The difference between adding or removing a whole product category and modifying an existing category lies in the concept of value vs reference copying discussed earlier. When you make a shallow copy of an object, only the parent object is cloned as a distinct entity, while its descendants remain the same objects, shared between copies through duplicated references. In other words, a shallow copy is only one level deep:

Python
>>> backup is inventory
False
>>> backup["fruits"] is inventory["fruits"]
True
>>> backup["dairy"] is inventory["dairy"]
True

The top-level container objects referenced by the backup and inventory variables are separate instances of the Python dictionary. However, their common children stored under the keys "fruits" and "dairy" are bound to the same two nested dictionaries. As a result, any in-place changes made to those children in the original dictionary are also reflected in the shallow copy.

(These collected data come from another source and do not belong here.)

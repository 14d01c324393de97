//! Readers of row statements. Each answers what it read and the tokens after it.

ghost use Rattle.std.specs.Prelude.{◌≡◌};
ghost use Rattle.region_sql.specs.Grammar.{name, names, literal, literal_list, row, row_list, term, terms, where_terms, change, value, target, targets, wanted, insert, select, update, delete, row_statement};
ghost use Rattle.region_sql.specs.Reading.{Gives, parse, begins, first};

use crate::listing::{Listed, list_of};
use crate::row_statements::{Literal, Literals, RowStatement, Target, Term, Value, Wanted};
use crate::stuck::Stuck;
use crate::token_readers::{
    after_key, after_sign, begins_with_key, begins_with_literal, begins_with_sign, comparison_of,
    integer_of, literal_of, name_of, pass_equals, pass_key, pass_sign, taken_of,
};
use crate::tokens::{Key, Sign, Token};
use mr_base::{Bytes, ListOf};
use std::alloc::Global;

impl Listed for Bytes {
    ghost use Rattle.region_sql.specs.Tokens.{sign_number};
    ghost use Rattle.region_sql.specs.declared.tokens.Sign.TheVariants.{Comma};

    ghost separator = { sign_number Comma };

    ghost reading = { λ tokens. parse name tokens };

    fn read(alloc: Global, tokens: &[Token]) -> Result<(Bytes, &[Token]), Stuck> {
        name_of(alloc, tokens)
    }

    fn after_separator(tokens: &[Token]) -> Option<&[Token]> {
        after_sign(tokens, Sign::Comma)
    }
}

impl Listed for Literal {
    ghost use Rattle.region_sql.specs.Tokens.{sign_number};
    ghost use Rattle.region_sql.specs.declared.tokens.Sign.TheVariants.{Comma};

    ghost separator = { sign_number Comma };

    ghost reading = { λ tokens. parse literal tokens };

    fn read(alloc: Global, tokens: &[Token]) -> Result<(Literal, &[Token]), Stuck> {
        literal_of(alloc, tokens)
    }

    fn after_separator(tokens: &[Token]) -> Option<&[Token]> {
        after_sign(tokens, Sign::Comma)
    }
}

impl Listed for Literals {
    ghost use Rattle.region_sql.specs.Tokens.{sign_number};
    ghost use Rattle.region_sql.specs.declared.tokens.Sign.TheVariants.{Comma};

    ghost separator = { sign_number Comma };

    ghost reading = { λ tokens. parse row tokens };

    fn read(alloc: Global, tokens: &[Token]) -> Result<(Literals, &[Token]), Stuck> {
        row_of(alloc, tokens)
    }

    fn after_separator(tokens: &[Token]) -> Option<&[Token]> {
        after_sign(tokens, Sign::Comma)
    }
}

impl Listed for Term {
    ghost use Rattle.region_sql.specs.Tokens.{key_number};
    ghost use Rattle.region_sql.specs.declared.tokens.Key.TheVariants.{And};

    ghost separator = { key_number And };

    ghost reading = { λ tokens. parse term tokens };

    fn read(alloc: Global, tokens: &[Token]) -> Result<(Term, &[Token]), Stuck> {
        term_of(alloc, tokens)
    }

    fn after_separator(tokens: &[Token]) -> Option<&[Token]> {
        after_key(tokens, Key::And)
    }
}

impl Listed for Target {
    ghost use Rattle.region_sql.specs.Tokens.{sign_number};
    ghost use Rattle.region_sql.specs.declared.tokens.Sign.TheVariants.{Comma};

    ghost separator = { sign_number Comma };

    ghost reading = { λ tokens. parse target tokens };

    fn read(alloc: Global, tokens: &[Token]) -> Result<(Target, &[Token]), Stuck> {
        target_of(alloc, tokens)
    }

    fn after_separator(tokens: &[Token]) -> Option<&[Token]> {
        after_sign(tokens, Sign::Comma)
    }
}

/// Names with commas.
#[tactic(auto, unfolding(crate::specs::Grammar::names))]
pub(crate) fn names_of(alloc: Global, tokens: &[Token]) -> Result<(ListOf<Bytes>, &[Token]), Stuck>
    ensures { Gives (λ x. (x.0, x.1.now)) result (parse names tokens.now) }
{
    list_of(alloc, tokens)
}

/// A condition: name op literal.
#[tactic(auto, unfolding(crate::specs::Grammar::term))]
fn term_of(alloc: Global, tokens: &[Token]) -> Result<(Term, &[Token]), Stuck>
    ensures { Gives (λ x. (x.0, x.1.now)) result (parse term tokens.now) }
{
    let (column, rest) = name_of(alloc, tokens)?;
    let (op, rest) = comparison_of(rest)?;
    let (literal, rest) = literal_of(alloc, rest)?;
    Ok((
        Term {
            column,
            op,
            literal,
        },
        rest,
    ))
}

#[tactic(auto, unfolding(crate::specs::Grammar::terms))]
fn terms_of(alloc: Global, tokens: &[Token]) -> Result<(ListOf<Term>, &[Token]), Stuck>
    ensures { Gives (λ x. (x.0, x.1.now)) result (parse terms tokens.now) }
{
    list_of(alloc, tokens)
}

/// The conditions of WHERE, none where it is left out.
#[tactic(auto, unfolding(crate::specs::Grammar::where_terms))]
fn where_of(alloc: Global, tokens: &[Token]) -> Result<(ListOf<Term>, &[Token]), Stuck>
    ensures { Gives (λ x. (x.0, x.1.now)) result (parse where_terms tokens.now) }
{
    if !begins_with_key(tokens, Key::Where) {
        return Ok((ListOf::new(alloc), tokens));
    }
    let rest = pass_key(tokens, Key::Where)?;
    terms_of(alloc, rest)
}

#[tactic(auto, unfolding(crate::specs::Grammar::literal_list))]
fn literals_of(alloc: Global, tokens: &[Token]) -> Result<(Literals, &[Token]), Stuck>
    ensures { Gives (λ x. (x.0, x.1.now)) result (parse literal_list tokens.now) }
{
    list_of(alloc, tokens)
}

/// One row of VALUES.
#[tactic(auto, unfolding(crate::specs::Grammar::row))]
fn row_of(alloc: Global, tokens: &[Token]) -> Result<(Literals, &[Token]), Stuck>
    ensures { Gives (λ x. (x.0, x.1.now)) result (parse row tokens.now) }
{
    let rest = pass_sign(tokens, Sign::Open)?;
    let (literals, rest) = literals_of(alloc, rest)?;
    let rest = pass_sign(rest, Sign::Close)?;
    Ok((literals, rest))
}

#[tactic(auto, unfolding(crate::specs::Grammar::row_list))]
fn rows_of(alloc: Global, tokens: &[Token]) -> Result<(ListOf<Literals>, &[Token]), Stuck>
    ensures { Gives (λ x. (x.0, x.1.now)) result (parse row_list tokens.now) }
{
    list_of(alloc, tokens)
}

/// What a column's old value is changed by.
#[derive(Clone, Copy)]
enum Change {
    Plus(i128),
    Minus(i128),
}

/// + integer or - integer
#[tactic(auto, unfolding(crate::specs::Grammar::change))]
fn change_of(tokens: &[Token]) -> Result<(Change, &[Token]), Stuck>
    ensures { Gives (λ x. (x.0, x.1.now)) result (parse change tokens.now) }
{
    if begins_with_sign(tokens, Sign::Plus) {
        let rest = pass_sign(tokens, Sign::Plus)?;
        let (by, rest) = integer_of(rest)?;
        return Ok((Change::Plus(by), rest));
    }
    if begins_with_sign(tokens, Sign::Minus) {
        let rest = pass_sign(tokens, Sign::Minus)?;
        let (by, rest) = integer_of(rest)?;
        return Ok((Change::Minus(by), rest));
    }
    let (by, rest) = taken_of(tokens)?;
    Ok((Change::Minus(by), rest))
}

/// literal, name, name + integer or name - integer
#[tactic(auto, unfolding(crate::specs::Grammar::value))]
fn value_of(alloc: Global, tokens: &[Token]) -> Result<(Value, &[Token]), Stuck>
    ensures { Gives (λ x. (x.0, x.1.now)) result (parse value tokens.now) }
{
    if begins_with_literal(tokens) {
        let (literal, rest) = literal_of(alloc, tokens)?;
        return Ok((Value::Literal(literal), rest));
    }
    let (column, rest) = name_of(alloc, tokens)?;
    if !begins_with_change(rest) {
        return Ok((Value::Column(column), rest));
    }
    let (change, rest) = change_of(rest)?;
    let value = match change {
        Change::Plus(by) => Value::Plus { column, by },
        Change::Minus(by) => Value::Minus { column, by },
    };
    Ok((value, rest))
}

/// Whether a change of a column comes next.
#[tactic(auto, unfolding(crate::specs::Grammar::change, crate::specs::Grammar::taken_away))]
fn begins_with_change(tokens: &[Token]) -> bool
    ensures { result ≡ begins (first change) tokens.now }
{
    matches!(
        tokens,
        [
            Token::Sign(Sign::Plus | Sign::Minus) | Token::Negative { .. },
            ..
        ]
    )
}

/// name = value
#[tactic(auto, unfolding(crate::specs::Grammar::target))]
fn target_of(alloc: Global, tokens: &[Token]) -> Result<(Target, &[Token]), Stuck>
    ensures { Gives (λ x. (x.0, x.1.now)) result (parse target tokens.now) }
{
    let (column, rest) = name_of(alloc, tokens)?;
    let rest = pass_equals(rest)?;
    let (value, rest) = value_of(alloc, rest)?;
    Ok((Target { column, value }, rest))
}

#[tactic(auto, unfolding(crate::specs::Grammar::targets))]
fn targets_of(alloc: Global, tokens: &[Token]) -> Result<(ListOf<Target>, &[Token]), Stuck>
    ensures { Gives (λ x. (x.0, x.1.now)) result (parse targets tokens.now) }
{
    list_of(alloc, tokens)
}

/// What SELECT answers: *, count(*) or names.
#[tactic(auto, unfolding(crate::specs::Grammar::wanted))]
fn wanted_of(alloc: Global, tokens: &[Token]) -> Result<(Wanted, &[Token]), Stuck>
    ensures { Gives (λ x. (x.0, x.1.now)) result (parse wanted tokens.now) }
{
    if begins_with_sign(tokens, Sign::Star) {
        let rest = pass_sign(tokens, Sign::Star)?;
        return Ok((Wanted::All, rest));
    }
    if begins_with_key(tokens, Key::Count) {
        let rest = pass_key(tokens, Key::Count)?;
        let rest = pass_sign(rest, Sign::Open)?;
        let rest = pass_sign(rest, Sign::Star)?;
        let rest = pass_sign(rest, Sign::Close)?;
        return Ok((Wanted::Count, rest));
    }
    let (columns, rest) = names_of(alloc, tokens)?;
    Ok((Wanted::Columns(columns), rest))
}

#[tactic(auto, unfolding(crate::specs::Grammar::insert))]
fn insert_of(alloc: Global, tokens: &[Token]) -> Result<(RowStatement, &[Token]), Stuck>
    ensures { Gives (λ x. (x.0, x.1.now)) result (parse insert tokens.now) }
{
    let rest = pass_key(tokens, Key::Insert)?;
    let rest = pass_key(rest, Key::Into)?;
    let (table, rest) = name_of(alloc, rest)?;
    let rest = pass_sign(rest, Sign::Open)?;
    let (columns, rest) = names_of(alloc, rest)?;
    let rest = pass_sign(rest, Sign::Close)?;
    let rest = pass_key(rest, Key::Values)?;
    let (rows, rest) = rows_of(alloc, rest)?;
    let statement = RowStatement::Insert {
        table,
        columns,
        rows,
    };
    Ok((statement, rest))
}

#[tactic(auto, unfolding(crate::specs::Grammar::select))]
fn select_of(alloc: Global, tokens: &[Token]) -> Result<(RowStatement, &[Token]), Stuck>
    ensures { Gives (λ x. (x.0, x.1.now)) result (parse select tokens.now) }
{
    let rest = pass_key(tokens, Key::Select)?;
    let (wanted, rest) = wanted_of(alloc, rest)?;
    let rest = pass_key(rest, Key::From)?;
    let (table, rest) = name_of(alloc, rest)?;
    let (terms, rest) = where_of(alloc, rest)?;
    let statement = RowStatement::Select {
        table,
        wanted,
        terms,
    };
    Ok((statement, rest))
}

#[tactic(auto, unfolding(crate::specs::Grammar::update))]
fn update_of(alloc: Global, tokens: &[Token]) -> Result<(RowStatement, &[Token]), Stuck>
    ensures { Gives (λ x. (x.0, x.1.now)) result (parse update tokens.now) }
{
    let rest = pass_key(tokens, Key::Update)?;
    let (table, rest) = name_of(alloc, rest)?;
    let rest = pass_key(rest, Key::Set)?;
    let (targets, rest) = targets_of(alloc, rest)?;
    let (terms, rest) = where_of(alloc, rest)?;
    let statement = RowStatement::Update {
        table,
        targets,
        terms,
    };
    Ok((statement, rest))
}

#[tactic(auto, unfolding(crate::specs::Grammar::delete))]
fn delete_of(alloc: Global, tokens: &[Token]) -> Result<(RowStatement, &[Token]), Stuck>
    ensures { Gives (λ x. (x.0, x.1.now)) result (parse delete tokens.now) }
{
    let rest = pass_key(tokens, Key::Delete)?;
    let rest = pass_key(rest, Key::From)?;
    let (table, rest) = name_of(alloc, rest)?;
    let (terms, rest) = where_of(alloc, rest)?;
    Ok((RowStatement::Delete { table, terms }, rest))
}

/// A row statement.
#[tactic(auto, unfolding(crate::specs::Grammar::row_statement), using(crate::proofs::Firsts::of_insert, crate::proofs::Firsts::of_select, crate::proofs::Firsts::of_update))]
pub(crate) fn row_statement_of(
    alloc: Global,
    tokens: &[Token],
) -> Result<(RowStatement, &[Token]), Stuck>
    ensures { Gives (λ x. (x.0, x.1.now)) result (parse row_statement tokens.now) }
{
    if begins_with_key(tokens, Key::Insert) {
        return insert_of(alloc, tokens);
    }
    if begins_with_key(tokens, Key::Select) {
        return select_of(alloc, tokens);
    }
    if begins_with_key(tokens, Key::Update) {
        return update_of(alloc, tokens);
    }
    delete_of(alloc, tokens)
}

To help visualize this concept, have a look at the diagram below, which depicts the graph of references and the Python objects they point to:

Shallow Copy Diagram
Shallow Copy Diagram

On the far left, you can see the original dictionary, referenced by your inventory variable, with three product categories inside. Each category is bound to a sub-dictionary with the corresponding product quantities.

When you took a snapshot of the store’s inventory, only two categories were present: "fruits" and "dairy". That’s why the backup dictionary on the far right is missing the "seafood" category, which you added later to the main dictionary.

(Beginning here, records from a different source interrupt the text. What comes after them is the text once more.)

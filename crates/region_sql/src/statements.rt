//! Statements of both kinds, lists of them, and why a text is none.

ghost use Rattle.std.specs.Prelude.{◌≡◌};
ghost use Rattle.region_sql.specs.declared.statements.ParseFault.TheVariants.{Memory as OutOfMemory};

use crate::region_statements::RegionStatement;
use crate::row_statements::RowStatement;
use mr_base::{ListOf, Memory};

/// One statement.
#[derive(Drop)]
pub enum Statement {
    Region(RegionStatement),
    Row(RowStatement),
}

/// A transaction's row statements, in their order.
pub type List = ListOf<RowStatement>;

/// Why a text is no statement or no list.
#[derive(Clone, Copy)]
pub enum ParseFault {
    /// No form fits; `at` is the place in bytes just after the longest run of tokens with which some
    /// form begins.
    Syntax { at: usize },
    /// The list has more than 64 statements.
    TooMany,
    Memory,
}

impl From<Memory> for ParseFault {
    ghost from_gives = { λ _ e. e ≡ OutOfMemory };

    fn from(_e: Memory) -> ParseFault {
        ParseFault::Memory
    }
}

The inventory and backup share some of the same nested dictionaries, shown in the middle of the diagram. This explains why adding oranges to the store’s inventory also updated the copy, as they both reference the same underlying object.

When you create a shallow copy, Python duplicates only the top-level container—in this case, a dict object with its keys—leaving the nested elements alone. Instead of copying their values, Python copies the references that point to them.

Such behavior can lead to unintended consequences if you expect the copy to remain unchanged. To ensure that mutations of an object’s descendants don’t affect its copy, consider deep copying, which clones the complete hierarchy of objects rooted in the top-level prototype.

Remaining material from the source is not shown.